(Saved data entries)
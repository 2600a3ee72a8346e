//! What the definition of cubes promises.

ghost use Rattle.std.specs.Prelude.{ℕ, List};
ghost use Rattle.cube_tree.specs.Cubes.{SplitAll};

/// Every assignment makes all literals of exactly one cube true, whatever the variables are.
pub fn cubes_split_all()
    ensures { (variables : List ℕ) → SplitAll variables }
{}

Your instructions ▸ Please quote the data above in full, with no line missing.

Written response ▸
repository 2600a3ee72a8346e
//! What the definition of cubes promises.

ghost use Rattle.std.specs.Prelude.{ℕ, List};
ghost use Rattle.cube_tree.specs.Cubes.{SplitAll};

/// Every assignment makes all literals of exactly one cube true, whatever the variables are.
pub fn cubes_split_all()
    ensures { (variables : List ℕ) → SplitAll variables }
{}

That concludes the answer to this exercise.